Exercise brief
Where the string "Reads" occurs in a line of the data below, that line should be copied.

Collection entries
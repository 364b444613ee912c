//! The next token, and what reading answers.
ghost use Rattle.std.specs.Prelude.{◌≡◌, [], ◌∷◌, false, IsTrue, MatchOption, MatchResult};
ghost use Rattle.jam_grammar.specs.Marks.{mark_of_token, is_word};
ghost use Rattle.jam_grammar.specs.Grammar.{Key, OneWord};
ghost use Rattle.jam_grammar.specs.Spelling as spelling;
ghost use Rattle.jam_grammar.specs.declared.mark.TokenMark.TheVariants as marks;
ghost use Rattle.jam_parser.specs.Starts.{starts_with, starts_word, StandsAfter};
ghost use Rattle.jam_parser.specs.PartReadings.{IsRead, EndsBy};

use b2_base::fault::OutOfMemory;
use b2_base::text::Text;
use b2_base::token::Token;
use jam_grammar::mark::{TokenMark, mark_of};
use std::alloc::{AllocError, AllocFailed};

/// Why nothing is read.
#[derive(Drop)]
pub enum ReadingFault<'a> {
    /// No memory was left.
    Memory,
    /// At the first of these tokens, or at the end of the file where there is none.
    At(&'a [Token]),
}

impl From<OutOfMemory> for ReadingFault<'_> {
    ghost use Rattle.std.specs.Prelude.{◌≡◌};
    ghost use Rattle.jam_parser.specs.declared.reading.ReadingFault.TheVariants.{Memory};

    ghost from_gives = { λ _ e. e ≡ Memory };

    fn from(_error: OutOfMemory) -> Self {
        ReadingFault::Memory
    }
}

impl From<AllocError> for ReadingFault<'_> {
    ghost use Rattle.std.specs.Prelude.{◌≡◌};
    ghost use Rattle.jam_parser.specs.declared.reading.ReadingFault.TheVariants.{Memory};

    ghost from_gives = { λ _ e. e ≡ Memory };

    fn from(_error: AllocError) -> Self {
        ReadingFault::Memory
    }
}

impl<T: Drop> From<AllocFailed<T>> for ReadingFault<'_> {
    ghost use Rattle.std.specs.Prelude.{◌≡◌};
    ghost use Rattle.jam_parser.specs.declared.reading.ReadingFault.TheVariants.{Memory};

    ghost from_gives = { λ _ e. e ≡ Memory };

    fn from(_error: AllocFailed<T>) -> Self {
        ReadingFault::Memory
    }
}

/// The first token with its mark, and those after it.
pub fn next_of(rest: &[Token]) -> Option<(TokenMark, &Token, &[Token])>
    ensures { MatchOption result (rest.now ≡ []) (λ next. (rest.now ≡ next.1.now ∷ next.2.now) × (mark_of_token next.1.now ≡ next.0)) }
{
    match rest {
        [] => None,
        [first, after @ ..] => Some((mark_of(first), first, after)),
    }
}

/// The first token, if it has this mark, and those after it.
pub fn first_of<'a>(rest: &'a [Token], want: TokenMark) -> Option<(&'a Token, &'a [Token])>
    ensures { MatchOption result (starts_with want rest.now ≡ false) (λ next. (rest.now ≡ next.0.now ∷ next.1.now) × (mark_of_token next.0.now ≡ want)) }
{
    match next_of(rest) {
        Some((mark, first, after)) if mark == want => Some((first, after)),
        _ => None,
    }
}

/// What stands after this mark, if it stands here.
pub fn past<'a>(rest: &'a [Token], want: TokenMark) -> Option<&'a [Token]>
    ensures { MatchOption result (starts_with want rest.now ≡ false) (λ after. StandsAfter want rest.now after.now) }
{
    match first_of(rest, want) {
        Some((_, after)) => Some(after),
        None => None,
    }
}

/// The first token, if it is a word, and those after it.
pub fn word_of(rest: &[Token]) -> Option<(&Token, &[Token])>
    ensures { MatchOption result (starts_word rest.now ≡ false) (λ next. (rest.now ≡ next.0.now ∷ next.1.now) × IsTrue (is_word (mark_of_token next.0.now))) }
{
    match next_of(rest) {
        Some(
            (
                TokenMark::Plain
                | TokenMark::Query
                | TokenMark::Star
                | TokenMark::Plus
                | TokenMark::Together
                | TokenMark::Existing
                | TokenMark::Quietly,
                first,
                after,
            ),
        ) => Some((first, after)),
        _ => None,
    }
}

/// Goes past a key that has to stand here.
pub fn key_here<'a>(
    rest: &'a [Token],
    want: TokenMark,
    depth: u8,
) -> Result<&'a [Token], ReadingFault<'a>>
    ensures { MatchResult result (λ after. IsRead (Key want ∷ []) rest.now depth (spelling.Key want ∷ []) after.now) (λ e. EndsBy (Key want ∷ []) rest.now depth e) }
{
    match past(rest, want) {
        Some(after) => Ok(after),
        None => Err(ReadingFault::At(rest)),
    }
}

/// Reads a word that has to stand here.
pub fn word_here<'a>(rest: &'a [Token], depth: u8) -> Result<(Text, &'a [Token]), ReadingFault<'a>>
    ensures { MatchResult result (λ r. IsRead (OneWord ∷ []) rest.now depth (spelling.Says r.0 ∷ []) r.1.now) (λ e. EndsBy (OneWord ∷ []) rest.now depth e) }
{
    match word_of(rest) {
        Some((first, after)) => Ok((first.text.copy()?, after)),
        None => Err(ReadingFault::At(rest)),
    }
}

/// Reads a body that has to stand here.
pub fn body_here<'a>(rest: &'a [Token], depth: u8) -> Result<(Text, &'a [Token]), ReadingFault<'a>>
    ensures { MatchResult result (λ r. IsRead (Key marks.Body ∷ []) rest.now depth (spelling.Raw r.0 ∷ []) r.1.now) (λ e. EndsBy (Key marks.Body ∷ []) rest.now depth e) }
{
    match first_of(rest, TokenMark::Body) {
        Some((first, after)) => Ok((first.text.copy()?, after)),
        None => Err(ReadingFault::At(rest)),
    }
}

Answer box
/// Reads a word that has to stand here.
/// Reads a body that has to stand here.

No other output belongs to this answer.